Cortaram salários, destruíram milhares de postos de trabalho, promoveram a precariedade, o desemprego e a emigração, aumentaram a carga fiscal sobre os rendimentos de trabalho, retiraram o abono de família e o rendimento social de inserção a milhares de crianças e jovens. É assim que pretendem incentivar a natalidade, agravando as já difíceis condições de vida dos trabalhadores e das famílias?
Durante a governação do PSD e CDS-PP não foram poucas as vezes a que assistimos a tentativas de branqueamento das consequências da política de empobrecimento e de exploração que impuseram os trabalhadores, ao povo e ao País.
Se, de facto, a preocupação do Governo, do PSD e do CDS-PP com a redução da natalidade é séria, que o demonstrem, demonstrem rompendo com este rumo.

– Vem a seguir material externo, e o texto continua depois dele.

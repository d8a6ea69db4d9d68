ghost use Rattle.std.specs.Prelude.{◌≡◌, [], ◌∷◌, ◌++◌, length, take, slice_get, slice_set, slice_index_or, ◌<◌, ◌↔◌, IsTrue, IfOk, OnOk, OnErr, MatchOption, Some, None};

use std::alloc::{AllocError, Global};
use std::marker::Model;

/// A `Vec` that contracts see as the list of its elements, so that a tree of lists equals its copy.
#[derive(Debug, Drop)]
pub struct List<T> {
    items: Vec<T>,
}

impl<T> Model for List<T> {
    ghost use Rattle.std.specs.Prelude.{List};
    ghost use Rattle.std.specs.Coded.{coded_list};

    ghost Value = { List T };

    ghost coded = { coded_list T.code };

    ghost view = { λ list. list.items.items };
}

impl<T> List<T> {
    pub fn new(alloc: Global) -> List<T>
        ensures { result ≡ [] }
    {
        List {
            items: Vec::new(alloc),
        }
    }

    /// The list of the elements of `items`. It takes no memory.
    pub fn from_vec(items: Vec<T>) -> List<T>
        ensures { result ≡ items.items }
    {
        List { items }
    }

    /// The elements as a `Vec`. It takes no memory.
    pub fn into_vec(self) -> Vec<T>
        ensures { result.items ≡ self }
    {
        let List { items } = self;
        items
    }

    pub fn as_slice(&self) -> &[T]
        ensures { result.now ≡ self.now }
    {
        self.items.as_slice()
    }

    pub fn len(&self) -> usize
        ensures { result ≡ length self.now }
    {
        self.items.len()
    }

    pub fn is_empty(&self) -> bool
        ensures { IsTrue result ↔ (self.now ≡ []) }
    {
        self.items.is_empty()
    }

    pub fn get(&self, at: usize) -> Option<&T>
        ensures { MatchOption result (slice_get self.now at ≡ None) (λ item. slice_get self.now at ≡ Some item.now) }
    {
        self.items.get(at)
    }
}

impl<T: Drop> List<T> {
    /// The list of one element.
    pub fn of_one(alloc: Global, item: T) -> Result<List<T>, AllocError>
        ensures { IfOk result (λ list. list ≡ item ∷ []) }
    {
        let mut list = List::new(alloc);
        list.push(item)?;
        Ok(list)
    }

    pub fn push(&mut self, item: T) -> Result<(), AllocError>
        ensures ok { OnOk result (self.new ≡ self.old ++ item ∷ []) }
        ensures err { OnErr result (self.new ≡ self.old) }
    {
        self.items.push(item)?;
        Ok(())
    }

    /// Moves the elements of `more` to the end.
    pub fn append(&mut self, more: List<T>) -> Result<(), AllocError>
        ensures { OnOk result (self.new ≡ self.old ++ more) }
    {
        let List { mut items } = more;
        self.items.append(&mut items)
    }

    pub fn set(&mut self, at: usize, item: T)
        requires { at < length self.old }
        ensures { self.new ≡ slice_set self.old at item }
    {
        self.items[at] = item;
    }

    /// Takes the first element out, if there is one. The others move up: it takes time for each of them.
    pub fn take_first(&mut self) -> Option<T>
        ensures { MatchOption result ((self.old ≡ []) × (self.new ≡ [])) (λ first. self.old ≡ first ∷ self.new) }
    {
        if self.items.is_empty() {
            return None;
        }
        Some(self.items.remove(0))
    }

    pub fn truncate(&mut self, count: usize)
        ensures { self.new ≡ take count self.old }
    {
        self.items.truncate(count);
    }

    pub fn clear(&mut self)
        ensures { self.new ≡ [] }
    {
        self.items.clear();
    }
}

impl<T: Drop> List<List<T>> {
    /// Adds an element to the list at a place.
    pub fn push_at(&mut self, at: usize, item: T) -> Result<(), AllocError>
        requires { at < length self.old }
        ensures ok { OnOk result (self.new ≡ slice_set self.old at (slice_index_or self.old at [] ++ item ∷ [])) }
        ensures err { OnErr result (self.new ≡ self.old) }
    {
        self.items[at].push(item)
    }

    /// Empties the list at a place.
    pub fn clear_at(&mut self, at: usize)
        requires { at < length self.old }
        ensures { self.new ≡ slice_set self.old at [] }
    {
        self.items[at].clear();
    }
}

As políticas de incentivo à natalidade não podem colocar em alternativa os direitos dos trabalhadores, isto é, não é justo que os trabalhadores tenham de optar, ou por ter um filho ou pelo seu salário integral.

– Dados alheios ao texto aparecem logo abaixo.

//! The types, values, tokens, rules and limits that every layer uses, and the containers that trees are made of.
//!
//! `size` counts the words of a type (`Sizes.antt`) and `line_of` finds the line of a place (`Places.antt`). `Values.antt` says
//! which values a type has, `Flat.antt` which words stand for a value, and `Least.antt` which of several broken rules is
//! reported. `limits` holds each limit of the language once.
//!
//! Proved: a copy equals its original (`copy_ty`, `copy_value`); `size` counts the words of a type as defined; `line_of` gives
//! the line of a place; a keyword or a sign is found exactly where a text spells it (`from_text`). Laws: a value has as
//! many words as its type's size (`values_have_their_sizes`), and they distinguish it from every other value of its type
//! (`words_tell_values_apart`).
//!
//! It doesn't know programs, the bytes of sources, or ports.
#![tactic(auto)]

mod boxed;
mod copy;
mod finding;
mod keyword;
mod laws;
pub mod limits;
pub mod lines;
mod list;
mod list_traits;
mod place;
mod rule;
mod shared;
mod symbol;
mod text;
mod token;
mod type_size;
mod types;
mod words;

pub use boxed::Box;
pub use copy::{copy_ty, copy_tys, copy_value, copy_values, same_ty, share_tys};
pub use finding::{Finding, earlier};
pub use keyword::Keyword;
pub use laws::{values_have_their_sizes, words_tell_values_apart};
pub use list::List;
pub use place::line_of;
pub use rule::{Refusal, Rule};
pub use shared::Shared;
pub use symbol::Symbol;
pub use text::Text;
pub use token::{Kind, Token};
pub use type_size::size;
pub use types::{ConDef, SumDef, Ty, Types, Value};
pub use words::{int_of_word, word_of_int};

Por isso perguntamos: propor aos trabalhadores que prescindam de 40% do seu salário é um incentivo à natalidade? Mas quem é que pode prescindir de uma parte do seu salário e considerar isso um incentivo à natalidade?!
Sr. Presidente,
Srs. Deputados:
Só não vê quem não quer ver. A realidade concreta do País e das famílias demonstra que ter a família que se deseja não é para quem quer, é para quem pode.
A inversão da baixa natalidade não se resolve com pequenas alterações de circunstância para perpetuar a mesma política que conduziu à deterioração das condições de vida dos trabalhadores e do povo e que levou à redução da natalidade.
Não é por acaso que a última vez que se verificou um aumento significativo da natalidade, contrariando a tendência decrescente, foi após o 25 de Abril, um momento de significativa elevação das condições de vida do povo e de enorme confiança e esperança no futuro.
Tal como há 40 anos, assegurando as condições de vida dignas, a confiança e a estabilidade no futuro, poderemos ter um futuro mais risonho e uma evolução demográfica mais positiva.
A concretização de políticas de incentivo à natalidade implica a rutura com a política de direita e a adoção de uma política alternativa, patriótica e de esquerda; uma política que concretize a maternidade e paternidade consciente, livre e responsável; que proteja as crianças e jovens e potencie o seu desenvolvimento integral, assegurando todas as condições económicas e sociais, e que garanta o emprego com direitos e seguro, possibilitando à mulher um papel ativo na sociedade, em todas as suas dimensões e, em especial, na compatibilização do plano profissional com o plano pessoal e familiar; uma política que valorize e reconheça a função social da maternidade e paternidade enquanto elemento essencial para o futuro das gerações e do País.